The $10 monthly city fee could be included in the amount Internet users pay ISPs, so that AFN Internet users wouldn’t end up paying more, according to Silbiger.

Losers

It’s the person who wants full cable television service who would have a higher monthly bill.

Most Charter and AFN television customers buy the Expanded Basic level of service or higher, which costs $32.40 per month from Charter and nearly $39 per month from AFN.

With AFN eliminating its cable television offerings except for free or low-cost channels, cable customers would need to shop elsewhere for a full cable package.

Current Charter Expanded Basic customers and AFN customers who want more channels therefore would be paying about $10 a month to the city, plus they would have to pay their separate cable or satellite television bills.

“That’s a double hit. That’s paying twice,” said Mike O’Herron, Southern Oregon general manager for Charter.

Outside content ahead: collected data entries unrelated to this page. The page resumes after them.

//! A link checker: how many of a page's links a crawler may not fetch.
ghost use Rattle.std.specs.{Prelude.◌≡◌, Prelude.map, Prelude.sum_by, List.AllZip};
ghost use Rattle.robots_examples.specs.LinkCheck.{AreDenied};
ghost use Rattle.texting_robots.specs.Callers.{LooksForRules, seen_of, unplaced};

use texting_robots::Robot;
use texting_robots::view::View;

/// How many links are denied, and how many byte comparisons (looks) their views have counted in all, including those
/// before the call; at most `u64::MAX`.
#[derive(Clone, Copy, PartialEq, Eq, Debug)]
pub struct Denied {
    pub count: usize,
    pub looks: u64,
}

/// How many links are denied; each view has the match target of one. It doesn't allocate.
pub fn count_denied(robot: &Robot, links: &mut [View<'_>]) -> Denied
    ensures count { AreDenied (unplaced robot.now.rules) (map (λ link. link.text) links.old) result.count }
    ensures views { AllZip (LooksForRules robot.now.rules) links.old links.new }
    ensures looks { result.looks ≡ seen_of (sum_by (λ link. link.looks) links.new) }
{
    let mut count = 0;
    let mut looks: u64 = 0;
    for link in links.iter_mut() {
        if !robot.allowed_view(link) {
            count += 1;
        }
        looks = looks.saturating_add(link.seen());
    }
    Denied { count, looks }
}
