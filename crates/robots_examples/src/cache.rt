//! A cache of robots, by the addresses of their robots.txt files.
ghost use Rattle.std.specs.Prelude.{◌≡◌, ◌+◌, ◌-◌, ◌≤◌, ℕ, if◌then◌else◌, is_some, IfErr, IfOk, IsSomeAnd, List, None, Ok, OnErr, OnOk, Some, option_copied, remove, string_bytes, take};
ghost use Rattle.std.specs.String.{string_eq};
ghost use Rattle.indexmap.specs.IndexMap.{get_by_text, index_map_len, insert_entry};
ghost use Rattle.robots_examples.specs.Cache.{IsNoAddressOrMemory, IsCacheError, left_after, most_robots, with_room};
ghost use Rattle.robots_examples.specs.declared.cache.CacheError.TheVariants.{Memory};
ghost use Rattle.texting_robots.specs.Callers.{IsRobotOfFile, file_limit, robots_address};

use indexmap::IndexMap;
use std::alloc::{AllocFailed, Global};
use texting_robots::{Robot, get_robots_url};
use thiserror::Error;
use url::ParseError;

/// The maximum number of robots in a cache.
pub const MAX_ROBOTS: usize = 64;

/// Why no robot was stored. The variant and the message have the cause.
#[derive(Debug, Drop, Error)]
pub enum CacheError {
    /// The URL has no robots.txt address, an allocation failed, or the URL is too long for `url`.
    #[error("No address of a robots.txt file: {0}")]
    Url(ParseError),
    /// The file is rejected for the crawler, or an allocation failed.
    #[error("No robot: {0}")]
    File(texting_robots::Error),
    /// An allocation failed while the robot was inserted.
    #[error("Out of memory")]
    Memory,
}

impl From<ParseError> for CacheError {
    ghost use Rattle.std.specs.Prelude.{◌≡◌};
    ghost use Rattle.robots_examples.specs.declared.cache.CacheError.TheVariants.{Url};

    ghost from_gives = { λ error own. own ≡ Url error };

    fn from(error: ParseError) -> Self {
        CacheError::Url(error)
    }
}

impl From<texting_robots::Error> for CacheError {
    ghost use Rattle.std.specs.Prelude.{◌≡◌};
    ghost use Rattle.robots_examples.specs.declared.cache.CacheError.TheVariants.{File};

    ghost from_gives = { λ error own. own ≡ File error };

    fn from(error: texting_robots::Error) -> Self {
        CacheError::File(error)
    }
}

impl<T: Drop> From<AllocFailed<T>> for CacheError {
    ghost use Rattle.std.specs.Prelude.{◌≡◌};
    ghost use Rattle.robots_examples.specs.declared.cache.CacheError.TheVariants.{Memory};

    ghost from_gives = { λ _ error. error ≡ Memory };

    fn from(_: AllocFailed<T>) -> Self {
        CacheError::Memory
    }
}

fn forget_oldest(robots: &mut IndexMap<String, Robot>)
    ensures { robots.new.entries ≡ remove robots.old.entries 0 }
{
    robots.shift_remove_index(0);
}

/// Removes the oldest robot if the cache is full and has none for the address.
fn evict_one(robots: &mut IndexMap<String, Robot>, address: &str)
    requires { index_map_len robots.old ≤ most_robots }
    ensures room { index_map_len robots.new + (if is_some (get_by_text robots.new address.now) then 0 else 1) ≤ most_robots }
    ensures entries { robots.new.entries
        ≡ with_room (is_some (get_by_text robots.old address.now)) robots.old.entries }
{
    if robots.len() < MAX_ROBOTS || robots.contains_key(address) {
        return;
    }
    forget_oldest(robots);
}

fn add(
    robots: &mut IndexMap<String, Robot>,
    address: String,
    robot: Robot,
) -> Result<(), CacheError>
    requires { index_map_len robots.old + (if is_some (get_by_text robots.old (string_bytes address)) then 0 else 1) ≤ most_robots }
    ensures bounded { index_map_len robots.new ≤ most_robots }
    ensures kept { OnOk result (get_by_text robots.new (string_bytes address) ≡ Some robot) }
    ensures entries { OnOk result (robots.new.entries
        ≡ insert_entry string_eq robots.old.entries address robot) }
    ensures unchanged { OnErr result (robots.new.entries ≡ robots.old.entries) }
    ensures absent { OnErr result (get_by_text robots.old (string_bytes address) ≡ None) }
    ensures rejected { IfErr result (λ error. error ≡ Memory) }
{
    robots.insert(address, robot)?;
    Ok(())
}

/// The robots of at most [`MAX_ROBOTS`] sites for one crawler, whose product token each call gets.
/// If it is full, a new site replaces the oldest one. A new robot of a site replaces its old one,
/// at the same age.
#[derive(Drop)]
pub struct Cache {
    pub robots: IndexMap<String, Robot>,
    ghost bounded: { index_map_len robots ≤ most_robots },
}

impl Cache {
    /// An empty cache.
    pub fn new(alloc: Global) -> Self
        ensures { index_map_len result.robots ≡ 0 }
    {
        Cache {
            robots: IndexMap::new(alloc),
        }
    }

    /// Stores the robot that this file has for the crawler, for the site of a URL, and replaces the site's
    /// previous robot. If the site is new and there are [`MAX_ROBOTS`] sites, the oldest one is removed.
    /// After `Memory` it has been removed if the cache was full. After any other error the cache is
    /// unchanged.
    pub fn put(
        &mut self,
        alloc: Global,
        agent: &str,
        url: &str,
        file: &[u8],
    ) -> Result<(), CacheError>
        ensures kept { OnOk result ((address : List ℕ) × (robots_address url.now ≡ Ok address)
            × IsSomeAnd (get_by_text self.new.robots address) (IsRobotOfFile agent.now (take file_limit file.now))) }
        ensures entries { OnOk result ((address : _) × (robot : _) × (robots_address url.now ≡ Ok (string_bytes address))
            × IsRobotOfFile agent.now (take file_limit file.now) robot
            × (self.new.robots.entries ≡ insert_entry string_eq
            (with_room (is_some (get_by_text self.old.robots (string_bytes address))) self.old.robots.entries)
            address robot)) }
        ensures left { IfErr result (λ error. self.new.robots.entries ≡ left_after error self.old.robots.entries) }
        ensures rejected { IfErr result (IsCacheError agent.now url.now file.now) }
    {
        let address = get_robots_url(alloc, url)?;
        let robot = Robot::new(alloc, agent, file)?;
        evict_one(&mut self.robots, address.as_str());
        add(&mut self.robots, address, robot)?;
        Ok(())
    }

    /// The robot that is stored for the site of a URL.
    pub fn find(&self, alloc: Global, url: &str) -> Result<Option<&Robot>, ParseError>
        ensures found { IfOk result (λ found. (address : List ℕ) × (robots_address url.now ≡ Ok address)
            × (option_copied found ≡ get_by_text self.now.robots address)) }
        ensures rejected { IfErr result (IsNoAddressOrMemory url.now) }
    {
        let address = get_robots_url(alloc, url)?;
        Ok(self.robots.get(address.as_str()))
    }
}
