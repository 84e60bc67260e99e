/// An operation, which is asked of a group. Contracts see the group as its number.
pub trait GroupOp: Drop {
    ghost use Rattle.std.specs.Prelude.{◌≡◌, ℕ};

    ghost group: { Self → ℕ };

    /// The number of the group that it is asked of.
    fn group(&self) -> usize
        ensures { result ≡ group self.now };
}
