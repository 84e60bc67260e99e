use crate::word::Word;
use std::sync::{Condvar, Mutex, Wait};

/// Where threads sleep until they are woken. A test has one of its own.
pub trait Sleep<W>: Drop {
    /// Sleeps while the word is this value. To look at the word and to fall asleep is one step
    /// with regard to `wake_all`.
    fn sleep_while<R: Wait>(&self, rt: &R, word: &W, value: u64);

    /// Has all who sleep look at their word again.
    fn wake_all<R: Wait>(&self, rt: &R);
}

/// Threads that sleep on a condition variable.
#[derive(Drop)]
pub struct Sleepers {
    lock: Mutex<()>,
    woken: Condvar,
}

impl Sleepers {
    /// Nobody sleeps.
    pub fn new() -> Sleepers {
        Sleepers {
            lock: Mutex::new(()),
            woken: Condvar::new(),
        }
    }
}

impl<W: Word> Sleep<W> for Sleepers {
    fn sleep_while<R: Wait>(&self, rt: &R, word: &W, value: u64) {
        let lock = self.lock.lock(rt);
        drop(self.woken.wait_while(rt, lock, |_| word.value() == value));
    }

    fn wake_all<R: Wait>(&self, rt: &R) {
        // Who has looked and isn't asleep yet has the lock.
        drop(self.lock.lock(rt));
        self.woken.notify_all();
    }
}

O’Herron said he doesn’t know whether people will accept the city fee, especially in light of the outcry that followed the city council’s adoption in 2005 of a $7.50 monthly fee to help cover AFN’s debt. The council rescinded the fee before it took effect, after hearing concerns about its impact on low-income residents.

“I was surprised at the whole (open carrier) scenario,” O’Herron said. “I thought they took a pretty good beating over the $7.50 charge.”

Under the open carrier model, about 1,000 low income households would be exempt from paying the $10 to $21 fee. Another 1,000 households cannot be reached with AFN lines and would not have to pay, but the city could eventually connect those homes using wireless technology, according to Chapman.

Debt unavoidable

O’Herron said even if the city sold AFN, residents would end up paying to help cover AFN’s $15.5 million debt because the sales price would not be enough to cover the debt.

An independent broker consulted by city staff estimated AFN’s sales value at $7 million to $10 million.

Chapman said if the city sold AFN, households would face about a $10 monthly fee to cover the remaining debt.

If the city let the Jefferson Public Radio Foundation or another nonprofit group take over AFN and assume a portion of the debt, households would pay more than $10 a month, he said.

By keeping AFN and offering basic services to everyone who can be reached, people are getting something for their $10, Chapman, Silbiger and Hartzell said.

“We are in a position where we have to pay the debt,” Hartzell said. “Our town, our community has a debt. ... The question is, ‘How can we increase the benefit to people who are paying off the debt?’ The debt and fee are here to stay.”

Councilors will still be looking at additional ways to help pay the debt.

Charging households and businesses $10 a month would cover a portion of the debt payments and remaining operating expenses; charging $21 a month would cover the full debt payments and remaining operating expenses, Silbiger said.

Ashland Finance Director Lee Tuneberg developed a long list of methods for the council to consider to help pay the debt, ranging from selling city property to capping city spending and using additional incoming revenue for debt payments.